* Required action:
From the first line through the one containing "use crate::ranked_tree::RankedTree;", restate the listing word for word, and give no other lines.

* Listed entries:

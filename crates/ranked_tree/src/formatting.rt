//! A tree over a store that has no object, with its one subtree root.
ghost use Rattle.std.specs.Prelude.{◌≡◌, ◌+◌, ◌<◌, ◌≤◌, OnOk, IfOk, IfErr};
ghost use Rattle.std.specs.FinMap as map;
ghost use Rattle.objstore.specs.Objects.{faults_in};
ghost use Rattle.mdcache.specs.Core.{state_of};
ghost use Rattle.mdcache.specs.New.{MayNotFormat, new_caches, new_tree_state};
ghost use Rattle.ranked_tree.specs.Ranked.{new_roots};

use crate::ranked_tree::RankedTree;
use crate::regions::Regions;
use mdcache::MdCache;
use mds_types::{Frag, Ino, Limit, Rank, Refusal};
use objstore::Store;
use std::alloc::{AllocError, Global};
use subtree_map::Subtrees;

impl<S: Store + Drop> RankedTree<S> {
    /// The empty tree over a store that has no object, with a cache of so many places for each of so many ranks, as
    /// `MdCache::format` makes and refuses it. The root directory's leaf is rank 0's.
    pub fn format(
        alloc: Global,
        store: S,
        ranks: u8,
        places: usize,
        limit: Limit,
    ) -> Result<RankedTree<S>, (Refusal, S)>
        requires some { 0 < ranks }
        requires few { 512 ≤ places }
        requires many { places ≤ 65536 }
        ensures empty { OnOk result (S.objects store ≡ map.empty) }
        ensures state { IfOk result (λ t. state_of t.tree ≡ new_tree_state limit) }
        ensures roots { IfOk result (λ t. t.subtrees.roots ≡ new_roots) }
        ensures exports { IfOk result (λ t. t.exports ≡ map.empty) }
        ensures caches { IfOk result (λ t. t.tree.caches ≡ new_caches ranks places) }
        ensures refused { IfErr result
            (λ back. MayNotFormat (S.objects store) (S.faults store) (S.faults back.1) back.0) }
        ensures left { IfErr result (λ back. S.objects back.1 ≡ S.objects store) }
        ensures faults { IfOk result (λ t. t.tree.faults ≡ S.faults store) }
        ensures counted { IfErr result (λ back. S.faults back.1 ≡ S.faults store + faults_in back.0) }
    {
        match first_roots(alloc, ranks) {
            Err(_) => Err((Refusal::NoMemory, store)),
            Ok(roots) => match MdCache::format(alloc, store, ranks, places, limit) {
                Ok(tree) => Ok(RankedTree {
                    tree,
                    regions: Regions::new(alloc, roots),
                    alloc,
                }),
                Err(back) => Err(back),
            },
        }
    }
}

// The root directory's leaf as the one subtree root, rank 0's, in the lists of so many ranks.
fn first_roots(alloc: Global, ranks: u8) -> Result<Subtrees, AllocError>
    ensures { IfOk result (λ roots. roots.roots ≡ new_roots) }
{
    let mut roots = Subtrees::new(alloc, ranks)?;
    if roots.reserve(1).is_err() {
        return Err(AllocError);
    }
    roots.set(Ino::ROOT, Frag::ROOT, Rank(0));
    Ok(roots)
}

* Exercise result:
filename crates/ranked_tree/src/formatting.rt
//! A tree over a store that has no object, with its one subtree root.
ghost use Rattle.std.specs.Prelude.{◌≡◌, ◌+◌, ◌<◌, ◌≤◌, OnOk, IfOk, IfErr};
ghost use Rattle.std.specs.FinMap as map;
ghost use Rattle.objstore.specs.Objects.{faults_in};
ghost use Rattle.mdcache.specs.Core.{state_of};
ghost use Rattle.mdcache.specs.New.{MayNotFormat, new_caches, new_tree_state};
ghost use Rattle.ranked_tree.specs.Ranked.{new_roots};

use crate::ranked_tree::RankedTree;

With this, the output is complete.